转存后地址：/public/home/ac7sc1ejvp/SothisAI/model/Aihub/MiroThinker-v1.5-30B/main/MiroThinker-v1.5-30B

启动vllm推理

创建4卡Dcu资源

vllm serve miromind-ai/MiroThinker-v1.5-30B --max-model-len 262144 --enable-reasoning

最终启动命令是：

vllm serve /public/home/ac7sc1ejvp/SothisAI/model/Aihub/MiroThinker-v1.5-30B/main/MiroThinker-v1.5-30B --max-model-len 262144 -enable-reasoning --reasoning-parser deepseek_r1 --tensor-parallel-size 4

启动后SCNet ip转发地址：

https://c-2008011125066354689.ksai.scnet.cn:58043

可惜在auto-coder下还是没法用，因为要用Instruct版本才行啊，但是现在网上没有。

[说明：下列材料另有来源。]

//! Appending events to a file.

ghost use Rattle.std.specs.Prelude.{◌≡◌, ◌≤◌, ◌+◌, ◌++◌, length, replicate, OnOk, OnErr, IfOk, IfErr, IsOk, vec_len, vec_capacity};
ghost use Rattle.blog_event.specs.Event.{event_text};
ghost use Rattle.blog_event.specs.Writing.{appended, ending, header_text, joined};
ghost use Rattle.blog_event.specs.declared.fault.Fault.TheVariants.{OutOfMemory};

use crate::event::Header;
use crate::fault::Fault;
use crate::reading::HEADER_LEN;
use byteorder::{ByteOrder, LittleEndian};
use std::alloc::Allocator;

/// The 19 bytes of a header (MySQL Internals manual, "Binary Log Event Header").
#[tactic(auto, unfolding(crate::specs::Writing::header_text))]
pub fn header_bytes(header: Header) -> [u8; 19]
    ensures { result ≡ header_text header }
{
    let mut bytes = [0u8; 19];
    LittleEndian::write_u32(&mut bytes, header.timestamp);
    bytes[4] = header.kind;
    LittleEndian::write_u32(&mut bytes[5..], header.server_id);
    LittleEndian::write_u32(&mut bytes[9..], header.size);
    LittleEndian::write_u32(&mut bytes[13..], header.log_pos);
    LittleEndian::write_u16(&mut bytes[17..], header.flags);
    bytes
}

/// How many bytes the slices have.
fn joined_len(parts: &[&[u8]]) -> usize
    requires { length (joined parts.now) ≤ 4294967295 }
    ensures { result ≡ length (joined parts.now) }
{
    let mut total = 0;
    for part in parts {
        total += part.len();
    }
    total
}

/// Makes room for an event with a body of `body_len` bytes, and appends its header, with its size and where it ends.
/// `out` holds the file from position `from` on.
#[inline(always)]
fn put_header<A: Allocator>(
    out: &mut Vec<u8, A>,
    from: usize,
    header: Header,
    body_len: usize,
) -> Result<(), Fault>
    requires { from + vec_len out.old + (19 + body_len) ≤ 4294967295 }
    ensures ok { OnOk result (out.new.items ≡ out.old.items ++ header_text (ending (from + vec_len out.old) (19 + body_len) header)) }
    ensures len { OnOk result (vec_len out.new ≡ vec_len out.old + 19) }
    ensures left { OnOk result (vec_len out.new + body_len ≤ vec_capacity out.new) }
    ensures err { OnErr result (out.new.items ≡ out.old.items) }
    ensures kept { OnErr result (vec_capacity out.new ≡ vec_capacity out.old) }
    ensures refused { IfErr result (λ fault. fault ≡ OutOfMemory) }
    ensures room { vec_len out.old + (19 + body_len) ≤ vec_capacity out.old → IsOk result }
    ensures capacity { vec_capacity out.old ≤ vec_capacity out.new }
{
    let size = HEADER_LEN + body_len;
    out.reserve(size)?;
    let bytes = header_bytes(Header {
        size: size as u32,
        log_pos: (from + out.len() + size) as u32,
        ..header
    });
    out.extend_from_slice(&bytes).unwrap();
    Ok(())
}

/// Appends the slices, for which there is room.
fn put_parts<A: Allocator>(out: &mut Vec<u8, A>, parts: &[&[u8]])
    requires { vec_len out.old + length (joined parts.now) ≤ vec_capacity out.old }
    ensures items { out.new.items ≡ out.old.items ++ joined parts.now }
    ensures len { vec_len out.new ≡ vec_len out.old + length (joined parts.now) }
    ensures capacity { vec_capacity out.old ≤ vec_capacity out.new }
{
    for part in parts {
        out.extend_from_slice(part).unwrap();
    }
}

/// Appends an event to a file, `out`, which holds the file's bytes from its magic number on. The body is `parts`,
/// joined. The size of the event in bytes and `log_pos`, the position at which it ends, are computed; those of
/// `header` are ignored.
///
/// The new length is to be at most 4,294,967,295 bytes. Fails with `OutOfMemory` if `out` can't grow, and then keeps its
/// bytes and its capacity; never if its capacity has room for the event.
pub fn put_event<A: Allocator>(
    out: &mut Vec<u8, A>,
    header: Header,
    parts: &[&[u8]],
) -> Result<(), Fault>
    requires { vec_len out.old + (19 + length (joined parts.now)) ≤ 4294967295 }
    ensures ok { OnOk result (out.new.items ≡ out.old.items ++ event_text (appended (vec_len out.old) header (joined parts.now))) }
    ensures len { OnOk result (vec_len out.new ≡ vec_len out.old + (19 + length (joined parts.now))) }
    ensures err { OnErr result (out.new.items ≡ out.old.items) }
    ensures kept { OnErr result (vec_capacity out.new ≡ vec_capacity out.old) }
    ensures refused { IfErr result (λ fault. fault ≡ OutOfMemory) }
    ensures room { vec_len out.old + (19 + length (joined parts.now)) ≤ vec_capacity out.old → IsOk result }
    ensures capacity { vec_capacity out.old ≤ vec_capacity out.new }
{
    put_event_from(out, 0, header, parts)
}

/// Appends an event to a part of a file: `out` holds the file's bytes from position `from` on. The rest is as for
/// `put_event`, its errors too; `log_pos` is a position of the whole file.
#[inline(always)]
#[tactic(auto, using(crate::proofs::Headers::head_and_body))]
pub fn put_event_from<A: Allocator>(
    out: &mut Vec<u8, A>,
    from: usize,
    header: Header,
    parts: &[&[u8]],
) -> Result<(), Fault>
    requires { from + vec_len out.old + (19 + length (joined parts.now)) ≤ 4294967295 }
    ensures ok { OnOk result (out.new.items ≡ out.old.items ++ event_text (appended (from + vec_len out.old) header (joined parts.now))) }
    ensures len { OnOk result (vec_len out.new ≡ vec_len out.old + (19 + length (joined parts.now))) }
    ensures err { OnErr result (out.new.items ≡ out.old.items) }
    ensures kept { OnErr result (vec_capacity out.new ≡ vec_capacity out.old) }
    ensures refused { IfErr result (λ fault. fault ≡ OutOfMemory) }
    ensures room { vec_len out.old + (19 + length (joined parts.now)) ≤ vec_capacity out.old → IsOk result }
    ensures capacity { vec_capacity out.old ≤ vec_capacity out.new }
{
    put_header(out, from, header, joined_len(parts))?;
    put_parts(out, parts);
    Ok(())
}

/// Appends an event whose body is `body_len` zero bytes, to be written over. Returns the position in `out` at which the
/// body begins. The rest is as for `put_event`: its size and `log_pos` are computed.
///
/// Fails with `OutOfMemory` if `out` can't grow, and then keeps its bytes and its capacity; never if its capacity has room
/// for the event.
pub fn open_event<A: Allocator>(
    out: &mut Vec<u8, A>,
    header: Header,
    body_len: usize,
) -> Result<usize, Fault>
    requires { vec_len out.old + (19 + body_len) ≤ 4294967295 }
    ensures ok { OnOk result (out.new.items ≡ out.old.items ++ event_text (appended (vec_len out.old) header (replicate body_len 0))) }
    ensures body { IfOk result (λ at. at ≡ vec_len out.old + 19) }
    ensures len { OnOk result (vec_len out.new ≡ vec_len out.old + (19 + body_len)) }
    ensures err { OnErr result (out.new.items ≡ out.old.items) }
    ensures kept { OnErr result (vec_capacity out.new ≡ vec_capacity out.old) }
    ensures refused { IfErr result (λ fault. fault ≡ OutOfMemory) }
    ensures room { vec_len out.old + (19 + body_len) ≤ vec_capacity out.old → IsOk result }
    ensures capacity { vec_capacity out.old ≤ vec_capacity out.new }
{
    open_event_from(out, 0, header, body_len)
}

/// Appends an event to a part of a file that begins at position `from`, with a body to be written over. The rest is as for
/// `open_event` and `put_event_from`.
#[inline(always)]
pub fn open_event_from<A: Allocator>(
    out: &mut Vec<u8, A>,
    from: usize,
    header: Header,
    body_len: usize,
) -> Result<usize, Fault>
    requires { from + vec_len out.old + (19 + body_len) ≤ 4294967295 }
    ensures ok { OnOk result (out.new.items ≡ out.old.items ++ event_text (appended (from + vec_len out.old) header (replicate body_len 0))) }
    ensures body { IfOk result (λ at. at ≡ vec_len out.old + 19) }
    ensures len { OnOk result (vec_len out.new ≡ vec_len out.old + (19 + body_len)) }
    ensures err { OnErr result (out.new.items ≡ out.old.items) }
    ensures kept { OnErr result (vec_capacity out.new ≡ vec_capacity out.old) }
    ensures refused { IfErr result (λ fault. fault ≡ OutOfMemory) }
    ensures room { vec_len out.old + (19 + body_len) ≤ vec_capacity out.old → IsOk result }
    ensures capacity { vec_capacity out.old ≤ vec_capacity out.new }
{
    put_header(out, from, header, body_len)?;
    let body = out.len();
    out.resize(body + body_len, 0).unwrap();
    Ok(body)
}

使用cherryStudio测试一下，明显能感觉到比较聪明：

总结

最终vllm启动命令

vllm serve /public/home/ac7sc1ejvp/SothisAI/model/Aihub/MiroThinker-v1.5-30B/main/MiroThinker-v1.5-30B --max-model-len 262144 --tensor-parallel-size 4 --gpu-memory-utilization 0.95

推理速度较快，可以达到30tokens每秒。

INFO 01-08 15:34:29 [metrics.py:489] Avg prompt throughput: 0.0 tokens/s, Avg generation throughput: 33.4 tokens/s, Running: 1 reqs, Swapped: 0 reqs, Pending: 0 reqs, GPU KV cache usage: 0.2%, CPU KV cache usage: 0.0%.
INFO 01-08 15:34:42 [metrics.py:489] Avg prompt throughput: 0.0 tokens/s, Avg generation throughput: 7.5 tokens/s, Running: 0 reqs, Swapped: 0 reqs, Pending: 0 reqs, GPU KV cache usage: 0.0%, CPU KV cache usage: 0.0%.
INFO 01-08 15:34:52 [metrics.py:489] Avg prompt throughput: 0.0 tokens/s, Avg generation throughput: 0.0 tokens/s, Running: 0 reqs, Swapped: 0 reqs, Pending: 0 reqs, GPU KV cache usage: 0.0%, CPU KV cache usage: 0.0%.

效果相当好，除了不能在Auto-coder下编程！